_Description of the task_
In the records below, begin at the line containing "up = 9 WHERE" and end at the line containing "fn tell_turns(out: &mut"; quote every line in that span exactly, including both boundary lines, and no others.

======== Input data ========

/// Statements, and the records that they leave. A record has the number of its statement with the turns around it, the
/// record that holds it, each variable that it reads with the record that set it, how many predicates it has, what it
/// sets, the rows of a FOR, its writes, its line and its end.
const CASES: &[(&str, &str)] = &[
    ("", ""),
    (
        "SELECT n, x INTO :n, :s FROM t WHERE id > 1 OFFSET 1; PRINT :n, :s, :n;",
        "1 asks 1 sets 1=5 2='a' 3=1; 2 reads 1<0 2<0 line 5,'a',5; ",
    ),
    (
        "SELECT id, n INTO :n, :n FROM t WHERE id = 3;",
        "1 asks 1 sets 1=5 3=1; ",
    ),
    (
        "SELECT n INTO :n FROM t WHERE id = 9; PRINT :n, :found;",
        "1 asks 1 sets 3=0; 2 reads 1< 3<0 line 7,0; ",
    ),
    (
        "SELECT n INTO :n FROM t WHERE id > 1 ORDER BY n DESC OFFSET :n - 5;",
        "1 reads 1< asks 1 sets 1=1 3=1; ",
    ),
    (
        "SELECT n INTO :n FROM t OFFSET 1 / 0;",
        "1 ends division by zero; ",
    ),
    (
        "SELECT MIN(n) INTO :n FROM t WHERE id = 9; SELECT SUM(n) INTO :n FROM t WHERE id = 9;",
        "1 asks 1 sets 3=0; 2 asks 1 sets 1=0 3=0; ",
    ),
    (
        "INSERT INTO t VALUES (5, 9223372036854775807, ''); SELECT SUM(n) INTO :n FROM t;",
        "1 asks 1 sets 3=1 puts 5: 5,9223372036854775807,''; 2 asks 1 ends overflow; ",
    ),
    (
        "INSERT INTO t VALUES (:n, 1, 'd'); SELECT COUNT(*) INTO :n FROM t;",
        "1 reads 1< asks 1 sets 3=1 puts 7: 7,1,'d'; 2 asks 1 sets 1=5 3=1; ",
    ),
    (
        "INSERT INTO t VALUES (1, 5, ''); PRINT 1;",
        "1 asks 1 ends duplicate key; ",
    ),
    (
        "INSERT INTO t VALUES (1, 5, 'abcd');",
        "1 ends text too long; ",
    ),
    (
        "UPDATE t SET x = x || :s WHERE n = 5; SELECT x INTO :s FROM t WHERE id = 3;",
        "1 reads 2< asks 1 sets 3=1 puts 1 2='bq' puts 3 2='aq'; 2 asks 1 sets 2='aq' 3=1; ",
    ),
    (
        "UPDATE t SET x = TEXTOF(8 / (n - 7)) WHERE n >= 5;",
        "1 asks 1 ends division by zero; ",
    ),
    (
        "DELETE FROM t WHERE n = 5; SELECT COUNT(*) INTO :n FROM t WHERE n = 5; INSERT INTO t VALUES (1, 5, 'n');",
        "1 asks 1 sets 3=1 takes 1 takes 3; 2 asks 1 sets 1=0 3=0; 3 asks 1 sets 3=1 puts 1: 1,5,'n'; ",
    ),
    (
        "FOR :r IN SELECT id FROM t WHERE n = 5 DO SET :n = :n + :r.id; END FOR; PRINT :n;",
        "1 asks 1 sets 3=1 rows 1|3|; 2@1 in 0 reads 1< 4<0 sets 1=8; 2@2 in 0 reads 1<1 4<0 sets 1=11; 3 reads 1<2 line 11; ",
    ),
    (
        "FOR :r IN SELECT id FROM t WHERE n > 4 DO DELETE FROM t; END FOR;",
        "1 asks 1 sets 3=1 rows 1|2|3|; 2@1 in 0 asks 1 sets 3=1 takes 1 takes 2 takes 3 takes 4; 2@2 in 0 asks 1 sets 3=0; 2@3 in 0 asks 1 sets 3=0; ",
    ),
    (
        "FOR :r IN :rows DO
  IF :r.b = 2 THEN FOR :q IN SELECT DISTINCT x FROM t WHERE n = 5 DO PRINT :q.x; END FOR; ELSE SET :s = 'z'; END IF;
END FOR;",
        "1 sets 3=1 rows 9,1|4,2|; 2@1 in 0 reads 4<0; 5@1 in 1 sets 2='z'; 2@2 in 0 reads 4<0; 3@2 in 3 asks 1 sets 3=1 rows 'a'|'b'|; 4@2.1 in 4 reads 5<4 line 'a'; 4@2.2 in 4 reads 5<4 line 'b'; ",
    ),
    (
        "SET :n = 1; IF :n THEN DELETE FROM t; ROLLBACK 'no'; END IF; PRINT 1;",
        "1 sets 1=1; 2 reads 1<0; 3 in 1 asks 1 sets 3=1 takes 1 takes 2 takes 3 takes 4; 4 in 1 ends 'no'; ",
    ),
    (
        "IF :n / 0 THEN PRINT 1; END IF;",
        "1 reads 1< ends division by zero; ",
    ),
    (
        "PRINT :s, 9223372036854775807 + :n;",
        "1 reads 2< 1< ends overflow; ",
    ),
];

/// Statements that look for parents and children, and the records that they leave.
const FAMILY_CASES: &[(&str, &str)] = &[
    (
        "INSERT INTO t VALUES (4, 3, 7);",
        "1 asks 3 sets 3=1 puts 4: 4,3,7; ",
    ),
    (
        "INSERT INTO t VALUES (4, 4, 7);",
        "1 asks 2 sets 3=1 puts 4: 4,4,7; ",
    ),
    (
        "INSERT INTO t VALUES (4, 9, 7);",
        "1 asks 2 ends missing parent; ",
    ),
    (
        "INSERT INTO t VALUES (4, 3, 9);",
        "1 asks 3 ends missing parent; ",
    ),
    (
        "INSERT INTO t VALUES (3, 9, 9);",
        "1 asks 1 ends duplicate key; ",
    ),
    (
        "UPDATE t SET up = id, d = 7 WHERE id >= 2;",
        "1 asks 5 sets 3=1 puts 2 1=2 2=7 puts 3 1=3 2=7; ",
    ),
    (
        "UPDATE t SET up = id + 1;",
        "1 asks 4 ends missing parent; ",
    ),
    (
        "UPDATE t SET up = 4 / (3 - id);",
        "1 asks 3 ends missing parent; ",
    ),
    (
        "UPDATE t SET up = 2 / (2 - id);",
        "1 asks 2 ends division by zero; ",
    ),
    ("UPDATE t SET up = 9 WHERE id = 9;", "1 asks 1 sets 3=0; "),
    ("DELETE FROM t WHERE id = 3;", "1 asks 2 sets 3=1 takes 3; "),
    (
        "DELETE FROM t WHERE id >= 2;",
        "1 asks 3 sets 3=1 takes 2 takes 3; ",
    ),
    (
        "DELETE FROM t WHERE id <= 2;",
        "1 asks 3 ends has children; ",
    ),
    ("DELETE FROM t WHERE id = 9;", "1 asks 1 sets 3=0; "),
    (
        "DELETE FROM u WHERE d >= 6;",
        "1 asks 2 ends has children; ",
    ),
    (
        "DELETE FROM u WHERE d = 7; INSERT INTO t VALUES (4, 4, 7);",
        "1 asks 2 sets 3=1 takes 7; 2 asks 2 ends missing parent; ",
    ),
    (
        "INSERT INTO u VALUES (8); INSERT INTO t VALUES (4, 4, 8); DELETE FROM u WHERE d = 8;",
        "1 asks 1 sets 3=1 puts 8: 8; 2 asks 2 sets 3=1 puts 4: 4,4,8; 3 asks 2 ends has children; ",
    ),
];

// Records as text

fn tell_text(out: &mut String, bytes: &[u8]) -> Result<(), Fail> {
    Ok(out.push_str(str::from_utf8(bytes).or(Err("no text"))?)?)
}

fn tell_values(alloc: Global, out: &mut String, values: &[Value]) -> Result<(), Fail> {
    let line = line_from(alloc, values)?;
    tell_text(out, line.as_slice())
}

fn tell_key(alloc: Global, out: &mut String, key: &Key) -> Result<(), Fail> {
    let values = key.values(alloc)?;
    tell_values(alloc, out, values.as_slice())
}

/// Adds a text and a value.
fn tell_value(alloc: Global, out: &mut String, front: &str, value: &Value) -> Result<(), Fail> {
    out.push_str(front)?;
    tell_values(alloc, out, slice::from_ref(value))
}

fn tell_turns(out: &mut String, turns: &[u32]) -> Result<(), Fail> {
    let mut front = "@";
    for turn in turns {
        write!(out, "{front}{turn}")?;
        front = ".";
    }
    Ok(())
}

fn tell_parent(out: &mut String, parent: Option<u32>) -> Result<(), Fail> {
    match parent {
        Some(parent) => Ok(write!(out, " in {parent}")?),
        None => Ok(()),
    }
}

========

_Written answer_
    ("UPDATE t SET up = 9 WHERE id = 9;", "1 asks 1 sets 3=0; "),
    ("DELETE FROM t WHERE id = 3;", "1 asks 2 sets 3=1 takes 3; "),
    (
        "DELETE FROM t WHERE id >= 2;",
        "1 asks 3 sets 3=1 takes 2 takes 3; ",
    ),
    (
        "DELETE FROM t WHERE id <= 2;",
        "1 asks 3 ends has children; ",
    ),
    ("DELETE FROM t WHERE id = 9;", "1 asks 1 sets 3=0; "),
    (
        "DELETE FROM u WHERE d >= 6;",
        "1 asks 2 ends has children; ",
    ),
    (
        "DELETE FROM u WHERE d = 7; INSERT INTO t VALUES (4, 4, 7);",
        "1 asks 2 sets 3=1 takes 7; 2 asks 2 ends missing parent; ",
    ),
    (
        "INSERT INTO u VALUES (8); INSERT INTO t VALUES (4, 4, 8); DELETE FROM u WHERE d = 8;",
        "1 asks 1 sets 3=1 puts 8: 8; 2 asks 2 sets 3=1 puts 4: 4,4,8; 3 asks 2 ends has children; ",
    ),
];

// Records as text

fn tell_text(out: &mut String, bytes: &[u8]) -> Result<(), Fail> {
    Ok(out.push_str(str::from_utf8(bytes).or(Err("no text"))?)?)
}

fn tell_values(alloc: Global, out: &mut String, values: &[Value]) -> Result<(), Fail> {
    let line = line_from(alloc, values)?;
    tell_text(out, line.as_slice())
}

fn tell_key(alloc: Global, out: &mut String, key: &Key) -> Result<(), Fail> {
    let values = key.values(alloc)?;
    tell_values(alloc, out, values.as_slice())
}

/// Adds a text and a value.
fn tell_value(alloc: Global, out: &mut String, front: &str, value: &Value) -> Result<(), Fail> {
    out.push_str(front)?;
    tell_values(alloc, out, slice::from_ref(value))
}

fn tell_turns(out: &mut String, turns: &[u32]) -> Result<(), Fail> {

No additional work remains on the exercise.